On 3 September 2013 02:19, John Colvin <john.loughran.colvin@gmail.com> wrote:
On Monday, 2 September 2013 at 03:14:38 UTC, Manu wrote:
On 2 September 2013 04:00, bearophile <bearophileHUGS@lycos.com> wrote:

Manu:


 Seriously, how do you quickly read and understand the API through the
noise?


The noise increases if you have to repeat the class name for each method
:-)


Except that you can _read the class definition_.

Look, I'm just giving an account of the collective experience from our
weekend. None of us could find anything easily in each others classes, or
quickly get a reasonable overview of it's design and how it worked.
This leads to needless conversations, asking the other person about it, and
all those questions that I should be able to understand at a glance.
This WILL affect productivity in the office.

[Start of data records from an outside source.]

//! Sessions of application functions that a site asks to end, of its own accord.
ghost use Rattle.std.specs.Prelude.{◌≡◌, ◌≢◌, ◌<◌, ◌∷◌, [], Some, false, true, length, IfOk, IfSome, OnOk, OnErr, IfErr, option_map};
ghost use Rattle.std.specs.Option.{option_copied};
ghost use Rattle.pcrf_values.specs.Facts as facts;
ghost use Rattle.pcrf_model.specs.Aborting.{abandoned_session, abort_of, lacks_counter_to_abort};
ghost use Rattle.pcrf_model.specs.Forms.{is_operation};
ghost use Rattle.pcrf_model.specs.Replies.{Aborted};
ghost use Rattle.pcrf_model.specs.Views.{view};
ghost use Rattle.rx_profile.specs.Aborts.{abort_view};

use crate::event::Reply;
use crate::fault::StepFault;
use crate::site::Site;
use crate::witness::{Witness, shown};
use af_records::AfFact;
use pcrf_model::ranges::note_text;
use pcrf_values::{AfSid, Ranked};
use rx_profile::AbortOut;
use site_join::{Operation, SessionFacts};
use std::alloc::AllocError;

impl Site {
    ghost use Rattle.site_machine.specs.Facts.{operation_on_call};
    ghost use Rattle.site_machine.specs.Sites.{abort_outcome_at, with_made};

    /// Asks an application function to end a session that is bound to none (TS 29.214, 4.4.6.1): of the live sessions that show
    /// their client, are bound to none and weren't asked for yet, whose home is this site and whose host is the given one, any
    /// where none is given, that with the least Session-Id. It is one operation of the site's own, which says that the session
    /// was aborted: the session stays live until its application function ends it, and may be bound again. `None` where there
    /// is none such, which changes nothing. An error changes nothing. For a host it looks at sessions alone that wait under it; where
    /// none is given its time grows with the number of application functions' sessions.
    pub fn abort(&mut self, host: Option<&[u8]>) -> Result<Option<AbortOut>, StepFault>
        ensures abort { IfOk result (λ abort. Aborted (option_map abort_view abort)
            ≡ (abort_outcome_at self.old (option_copied host.entry)).reply) }
        ensures ok { OnOk result (self.new
            ≡ with_made self.old (abort_outcome_at self.old (option_copied host.entry)).added) }
        ensures room { OnOk result (lacks_counter_to_abort self.old.number
            self.old.state.holding (option_copied host.entry) ≡ false) }
        ensures full { IfErr result (λ fault. fault ≡ StepFault.ClockFull → lacks_counter_to_abort
            self.old.number self.old.state.holding (option_copied host.entry) ≡ true) }
        ensures memory { IfErr result (λ fault. fault ≢ StepFault.HistoryFull) }
        ensures err { OnErr result (self.new ≡ self.old) }
    {
        self.abort_seen_by(host, &mut ())
    }

    /// Aborts as `abort` does, and shows a witness the reply before anything is changed.
    pub(crate) fn abort_seen_by<W: Witness>(
        &mut self,
        host: Option<&[u8]>,
        witness: &mut W,
    ) -> Result<Option<AbortOut>, StepFault>
        ensures abort { IfOk result (λ abort. Aborted (option_map abort_view abort)
            ≡ (abort_outcome_at self.old (option_copied host.entry)).reply) }
        ensures saw { IfOk result (λ abort.
            W.saw witness.new (Aborted (option_map abort_view abort))) }
        ensures ok { OnOk result (self.new
            ≡ with_made self.old (abort_outcome_at self.old (option_copied host.entry)).added) }
        ensures room { OnOk result (lacks_counter_to_abort self.old.number
            self.old.state.holding (option_copied host.entry) ≡ false) }
        ensures full { IfErr result (λ fault. fault ≡ StepFault.ClockFull → lacks_counter_to_abort
            self.old.number self.old.state.holding (option_copied host.entry) ≡ true) }
        ensures memory { IfErr result (λ fault. fault ≢ StepFault.HistoryFull) }
        ensures err { OnErr result (self.new ≡ self.old) }
    {
        let Ok(found) = self.next_abort(host) else {
            return Err(StepFault::NoMemory);
        };
        let Ok(Reply::Aborted(found)) = shown(Reply::Aborted(found), witness) else {
            return Err(StepFault::NoMemory);
        };
        let Some(abort) = found else {
            return Ok(None);
        };
        let Some(counter) = self.next_counter() else {
            return Err(StepFault::ClockFull);
        };
        note_text(abort.session.id());
        self.note_number();
        if self.add_abort(&abort.session, counter).is_err() {
            return Err(StepFault::NoMemory);
        }
        Ok(Some(abort))
    }

    /// The abort that is due for a host, any where none is given.
    fn next_abort(&mut self, host: Option<&[u8]>) -> Result<Option<AbortOut>, AllocError>
        ensures abort { IfOk result (λ abort. option_map abort_view abort
            ≡ option_map (abort_of (view self.new.state.holding.facts))
            (abandoned_session self.new.number (view self.new.state.holding.facts)
            (option_copied host.entry))) }
        ensures same { self.new ≡ self.old }
    {
        self.held.next_abort(self.number, host)
    }

    /// Adds the operation of an abort, or changes nothing.
    fn add_abort(&mut self, session: &AfSid, counter: u64) -> Result<(), AllocError>
        requires later { length self.old.state.log < counter }
        requires formed { is_operation (operation_on_call
            self.old.number counter session.now (facts.Aborted ∷ [])) ≡ true }
        ensures ok { OnOk result (self.new ≡ with_made self.old (Some (operation_on_call
            self.old.number counter session.now (facts.Aborted ∷ [])))) }
        ensures err { OnErr result (self.new ≡ self.old) }
    {
        let mut facts = Vec::new(self.alloc);
        facts.push(AfFact::Aborted)?;
        let facts = SessionFacts::Af(session.try_copy()?, facts);
        self.add(Operation::with_stamp(counter, self.number, 0, facts))
    }
}
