/// Runs a server that stays: it binds its sockets, serves so many connections at once, one behind the other at each seat, and exchanges
/// letters with its peer sites, as long as the process runs. On its console it shows what it holds, where a line asks for that. The log is told what
/// happens.
pub fn run_staying<M: Machine, G: Log + Sync, R: Input, W: Output>(
    rt: &M,
    alloc: Global,
    identity: Identity,
    tables: Tables,
    settings: &StaySettings<'_>,
    console: Console<R, W>,
    log: &G,
) -> Result<(), ServerFault> {
    let seed = drawn_seed(rt, log)?;
    let exchange = exchange_of(rt, alloc, tables.edition(), settings, log)?;
    let seats = exchange.peers.len().saturating_mul(SEATS_OF_A_PEER);
    let serving = bind(rt, settings.addresses.listen, log)?;
    let exchanging = bind(rt, settings.addresses.exchange, log)?;
    let asking = match settings.status {
        Some(address) => Some(bind(rt, address, log)?),
        None => None,
    };
    let furniture = furnished(rt, alloc, &identity, settings, log)?;
    let shown = tables.try_copy(alloc)?;
    let premises = Premises {
        exchange,
        sockets: Sockets {
            serving,
            exchanging,
            asking,
        },
        furniture,
        tables: shown,
        wait: settings.wait,
        log_limit: settings.log_limit,
        keep_ended: settings.keep_ended,
    };
    let site = Site::seeded(alloc, tables, identity, settings.place.number, seed);
    let others = seats.saturating_add(OTHER_SEATS);
    let roster = Roster::new(alloc, settings.connections.saturating_add(others))?;
    let file = settings.epoch_file;
    serve_living::<Brand, M, G, R, W>(rt, alloc, roster, site, &premises, console, log, file)
}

The reason was that functions were polluting the class declaration. 9 times
out of 10, when I look at a class declaration, I want to know what it is,
what it has, and what it can do.

Code folding? It's a pretty standard feature of most editors since forever.

I think I've repeated myself 3 or 4 times here, but one more time for good measure...

Requiring IDE assistance to make code _readable_ seems completely fail to me.
1) You're not always reading code in your IDE, often in commit logs, diff windows, emails, chat clients.
2) With so much hate for IDE support, it seems like a massive contradiction to say that an IDE should be required to make code readable.

Reading code is the most fundamental task in programming. Anything that gets in the way of code readability is an epic fail.